The office is a warehouse space wedged between a construction site, a brewery and the Hudson river. Neat coils of rope and stacks of ladders adorn the walls. Any surface is considered fair game for the apprentices to perfect their art.

The peak years of hand-painted signs in New York ran from the 1920s to the 1940s, but the technology of applying them has remained the same.

Lindahl works alongside a crew of men using a block-and-tackle rigging system of manual pulleys to manoeuvre scaffolding and the painter around on the wall.

The platforms on which they work are just 28in (71cm) wide and can sometimes be 300ft (90m) off the ground.

Their latest project is a 24ft wide black-and-white photo for the footwear retailer Converse.

'It's a privilege'

Fine artist Jason Jarosz specialises in portraiture. He considers the city as a practice canvas for his private work.

"It's a different challenge every week. This mural here is taking about five or six days and then right on to the next one - different client, different artwork and you've just got to hit the ground running," he says.

The work is hard-going, more akin to construction work than fine art. Jarosz wears two coats and steel toe-capped boots.

He holds his brushes and palette through thick, paint-spattered wool gloves. The only skin exposed to the elements is the third of his face left unobscured by a balaclava and hat.

Despite its physical challenges, he says, the work offers a unique perspective on the urban life taking place below.

'Real-estate game'

"I've seen fights. I've seen car crashes. And there's nothing you can do from up there. But there have been good moments too.

"I once watched two falcons circling around me in the rigging on a really high job. I was pretty worried.

"Then I realised they weren't after me but a pigeon on the scaffold. It all happened right in front of me. No-one else gets to see these things. It's a privilege."

coils of rope and signs in storage Despite technological changes elsewhere, billboards are still hand painted as they were in the 1940s...
Paint pots ...and painters still need to mix their own paints

Colossal Media is not just engaged in painting. The company has a scouting and acquisitions department that actively seeks out buildings as potential advertising locations.

If a landlord agrees to using their building as a blank canvas, Colossal Media takes out a long lease for continual access to that building wall. It then becomes immediately available to prospective clients to adorn with advertising as they see fit.

"It's a real-estate game, really," says Lindahl. "Typically there aren't content control issues with landlords."

'Here to stay'

Like any property developer, Colossal Media has to be mindful of city zoning regulations as well as historical preservation orders.

These restrictions can extend to the type of products that can be advertised in certain neighbourhoods.

"It's very important to pitch and sell locations that are appropriate," says Lindahl.

Securing a slice of New York's prime real estate is as challenging as persuading clients to use hand-painted methods over the more common vinyl, which can cost half as much and reproduce images with pin-sharp clarity.

Half-finished sign with ladder This is one profession that is not ready to fade away

Yet an increasing number of companies will pay a premium to showcase human endeavour in building their brand," says Lindahl.

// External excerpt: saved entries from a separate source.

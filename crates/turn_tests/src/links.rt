ghost use Rattle.std.specs.Prelude.{◌≡◌, length, IfOk};

use rollback::{Links, Tickets};
use std::alloc::{AllocError, Global};
use std::test::Fail;
use value_core::Ticket;

fn ticket(slot: usize) -> Ticket {
    Ticket {
        slot,
        generation: 0,
    }
}

/// 2 and 4 hang on 1, 3 hangs on 2 and on 4, 6 hangs on 5, and 1 hangs on 0.
fn linked(alloc: Global) -> Result<Links, AllocError>
    ensures { IfOk result (λ links. length links.items ≡ 6) }
{
    let mut links = Links::new(alloc);
    links.reserve(6)?;
    for (on, by) in [(1, 2), (2, 3), (5, 6), (1, 4), (4, 3), (0, 1)] {
        links.add(ticket(on), ticket(by))?;
    }
    Ok(links)
}

/// The slots of the tickets in rising order, as a text.
fn slots(alloc: Global, tickets: &[Ticket]) -> Result<String, AllocError> {
    let mut slots = Vec::new(alloc);
    for ticket in tickets {
        slots.push(ticket.slot)?;
    }
    slots.sort()?;
    format!(in alloc; "{:?}", slots.as_slice())
}

fn hanging(alloc: Global, links: &Links, of: usize) -> Result<String, AllocError> {
    let tickets = links.dependants(alloc, ticket(of))?;
    slots(alloc, tickets.items())
}

#[test]
fn dependants_are_found_through_others(rt: HostRuntime) -> Result<(), Fail> {
    let alloc = rt.alloc();
    let links = linked(alloc)?;
    let rows = [
        (0, "[1, 2, 3, 4]"),
        (1, "[2, 3, 4]"),
        (2, "[3]"),
        (3, "[]"),
        (5, "[6]"),
        (7, "[]"),
    ];
    for (of, wanted) in rows {
        assert_eq!(rt; hanging(alloc, &links, of)?.as_str(), wanted);
    }
    Ok(())
}

#[test]
fn undone_tickets_are_forgotten(rt: HostRuntime) -> Result<(), Fail> {
    let alloc = rt.alloc();
    let mut links = linked(alloc)?;
    let mut out = Tickets::new(alloc);
    out.reserve(6)?;
    links.undo(ticket(1), &mut out);
    assert_eq!(rt; slots(alloc, out.items())?.as_str(), "[2, 3, 4]");
    for (of, wanted) in [(0, "[]"), (1, "[]"), (2, "[]"), (5, "[6]")] {
        assert_eq!(rt; hanging(alloc, &links, of)?.as_str(), wanted);
    }
    Ok(())
}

"All advertising is expensive. What makes us stand out is that our work is almost like a performance art.

"The people below get to see the painting unfold over the days that we are out there. They appreciate the creative element in the execution."

Outside in the New York winter, Mr Jarosz agrees.

"When I'm working at ground level, I have so many people coming up to me to pat me on the back telling me what a great job I'm doing," he says.

"When you get that five days a week it's hard to think that this could be a disappearing job. No, I think its here to stay."